Ma oltre a questo aspetto negativo e che discrimina il lavoratore pubblico da quello privato, adesso se ne aggiunge un altro. L’inflazione. Il trattamento di fine rapporto o servizio (TFS), se pagato subito non costituisce un problema, ma se si ritarda il capitale si erode.

L’inflazione erode la buonuscita degli statali

Finché il tasso d’inflazione è rimasto basso l’importo del TFS, benché pagato a distanza di tempo, poteva garantire un potere di acquisto stabile. Ma oggi, con l’inflazione che si è impennata al 7-8%, ricevere il TFS a distanza di 24 mesi comporta una penalizzazione.

Fatto 100 l’importo spettante a uno statale che cessa il servizio, attendere 2 anni per ricevere  il TFS comporta una perdita nominale di 14-16 punti. Il che implica ricevere una buonuscita il cui potere d’acquisto sarà diminuito.

A disciplinare le modalità di liquidazione del TFS è la legge di bilancio per il 2014 (numero 147 del 27 dicembre 2013).  Una legge che il Tar del Lazio ha già contestato ritenendola illegittima, soprattutto per quanto concerne il pagamento rateale.

Pagamento rateale del TFS

Infatti, secondo quando disposto dalla legge di bilancio del 2014, il TFS è pagato in unica soluzione solo fino a un certo importo. La soglia limite è 50.000 euro lordi (prima era di 90.000). Qualora il calcolo ecceda tale soglia, l’ente di previdenza deve liquidare il trattamento di fine servizio in due o più rate annuali.

Così, ad esempio, se il TFS maturato è pari a 130.000 euro, la prima rata da 50.000 euro sarà corrisposta secondo i termini di legge (12-24 mesi). Mentre la seconda rata, sempre di pari importo, a distanza di 12 mesi e la terza e ultima rata da 30.000 euro a distanza di altri 12 mesi.

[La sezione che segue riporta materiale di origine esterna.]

//! What the text on one side of a place may be like.

ghost use Rattle.std.specs.Prelude.{◌≡◌};
ghost use Rattle.serde_json_path_hints.specs.Conditions.{is_name_start, is_name_byte, holds, word_of, is_call, is_met};
ghost use Rattle.serde_json_path_hints.specs.Inside.Lent.{condition_of};

use crate::near::is_one_letter_away;

/// What a text may be like, beside texts with which it is compared. Its word is what it starts with of letters, digits, `_`
/// and characters beyond ASCII.
// The texts are a type parameter, since a contract can name no constant of a type whose fields are references.
pub(crate) enum Condition<Texts> {
    /// Anything.
    Any,
    /// It is empty.
    Empty,
    /// It starts with one of these.
    Starts(Texts),
    /// It ends with one of these.
    Ends(Texts),
    /// One of these is somewhere in it.
    Holds(Texts),
    /// Its word is one of these, in small letters or capitals.
    Word(Texts),
    /// Its word is one letter away from one of these.
    Near(Texts),
    /// It starts as a member name does, and `(` follows its word.
    Call,
    /// It starts as a member name does.
    Name,
    /// It starts with a dash, and then as a member name does.
    Dashed,
    /// It starts with a digit.
    Digit,
    /// It ends with a byte of a member name.
    EndsInName,
    /// It ends with a byte with which a member name may start.
    EndsInLetter,
    /// It ends with a digit.
    EndsInDigit,
}

/// Whether a member name may start with this byte: a letter, `_`, or a byte of a character beyond ASCII.
fn is_name_start(byte: u8) -> bool
    ensures { result ≡ is_name_start byte }
{
    byte.is_ascii_alphabetic() || byte == b'_' || byte >= 128
}

/// Whether this byte may be in a member name.
fn is_name_byte(byte: u8) -> bool
    ensures { result ≡ is_name_byte byte }
{
    is_name_start(byte) || byte.is_ascii_digit()
}

/// The word that a text starts with, which may be empty.
fn word(text: &[u8]) -> &[u8]
    ensures { result.now ≡ word_of text.now }
{
    for (end, byte) in text.iter().enumerate() {
        if !is_name_byte(*byte) {
            return &text[..end];
        }
    }
    text
}

/// Whether a text starts as a member name does, and `(` follows its word.
fn is_call(text: &[u8]) -> bool
    ensures { result ≡ is_call text.now }
{
    let after = text.get(word(text).len()..).unwrap_or(&[]);
    text.first().is_some_and(|byte| is_name_start(*byte)) && after.first() == Some(&b'(')
}

/// Whether a part is somewhere in a text. Nothing is in an empty one.
fn holds(text: &[u8], part: &[u8]) -> bool
    ensures { result ≡ holds text.now part.now }
{
    let mut rest = text;
    while let [_, next @ ..] = rest {
        if rest.starts_with(part) {
            return true;
        }
        rest = next;
    }
    false
}

/// What the text on one side of a place is like.
pub(crate) type Side = Condition<&'static [&'static str]>;

/// Whether the text is as the condition says.
pub(crate) fn is_met(condition: &Side, text: &[u8]) -> bool
    ensures { result ≡ is_met (condition_of condition.now) text.now }
{
    match condition {
        Condition::Any => true,
        Condition::Empty => text.is_empty(),
        Condition::Starts(starts) => {
            starts
                .iter()
                .any(|start| text.starts_with(start.as_bytes()))
        }
        Condition::Ends(ends) => ends.iter().any(|end| text.ends_with(end.as_bytes())),
        Condition::Holds(parts) => parts.iter().any(|part| holds(text, part.as_bytes())),
        Condition::Word(words) => {
            let own = word(text);
            words
                .iter()
                .any(|word| own.eq_ignore_ascii_case(word.as_bytes()))
        }
        Condition::Near(names) => {
            let own = word(text);
            names
                .iter()
                .any(|name| is_one_letter_away(own, name.as_bytes()))
        }
        Condition::Call => is_call(text),
        Condition::Name => text.first().is_some_and(|byte| is_name_start(*byte)),
        Condition::Dashed => match text {
            [b'-', byte, ..] => is_name_start(*byte),
            _ => false,
        },
        Condition::Digit => text.first().is_some_and(u8::is_ascii_digit),
        Condition::EndsInName => text.last().is_some_and(|byte| is_name_byte(*byte)),
        Condition::EndsInLetter => text.last().is_some_and(|byte| is_name_start(*byte)),
        Condition::EndsInDigit => text.last().is_some_and(u8::is_ascii_digit),
    }
}
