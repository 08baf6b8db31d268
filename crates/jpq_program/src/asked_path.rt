//! A path that is asked.

ghost use Rattle.serde_json_path.specs.Paths.{path_signatures};
ghost use Rattle.serde_json_path.specs.Fitting.{FitsBuiltin, FitsBuiltin-prop};

use serde_json_path::JsonPath;

/// A path that fits the built-in functions.
#[derive(Drop)]
pub(crate) struct AskedPath {
    pub(crate) path: JsonPath,
    /// The text that it was read from.
    pub(crate) text: String,
    /// What messages call it, unless it is the only one.
    pub(crate) name: Option<String>,
    ghost fits: { FitsBuiltin (path_signatures path) } by { FitsBuiltin-prop (path_signatures path) },
}
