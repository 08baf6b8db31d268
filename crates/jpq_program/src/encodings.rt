//! Inputs that do not begin as JSON in UTF-8 does.

ghost use Rattle.std.specs.Prelude.{◌≡◌};
ghost use Rattle.jpq_program.specs.Inputs.{without_mark};

/// The byte order mark of UTF-8.
const MARK: &[u8] = b"\xef\xbb\xbf";

/// The bytes after a byte order mark, if they begin with one: a reader may pass over it (RFC 8259, section 8.1).
pub(crate) fn without_mark(bytes: &[u8]) -> &[u8]
    ensures { result.now ≡ without_mark bytes.now }
{
    if bytes.starts_with(MARK) {
        return &bytes[MARK.len()..];
    }
    bytes
}

/// What bytes are, and which command makes UTF-8 of them, where their beginning shows that they are compressed or UTF-16.
pub(crate) fn encoding_of(bytes: &[u8]) -> Option<&'static str> {
    if bytes.starts_with(b"\x1f\x8b") {
        return Some("compressed by gzip (unpack it with gzip -dc)");
    }
    if bytes.starts_with(b"\xff\xfe") || bytes.starts_with(b"\xfe\xff") {
        return Some("UTF-16, where JSON is UTF-8 (convert it with iconv -f UTF-16 -t UTF-8)");
    }
    None
}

Un vero e proprio scippo se disgraziatamente l’inflazione continuasse a correre. Il rischio sarebbe quello di vedersi vanificare nel tempo il potere di acquisto sui risparmi accantonati col TFS. Così, ad esempio, se il pensionato volesse acquistare una casa da regalare al figlio che si sposa, rischia di rimetterci soldi alla fine. A meno che non ricorra all’anticipo in banca, come stabilito dall’accordo quadro col governo di recente approvato.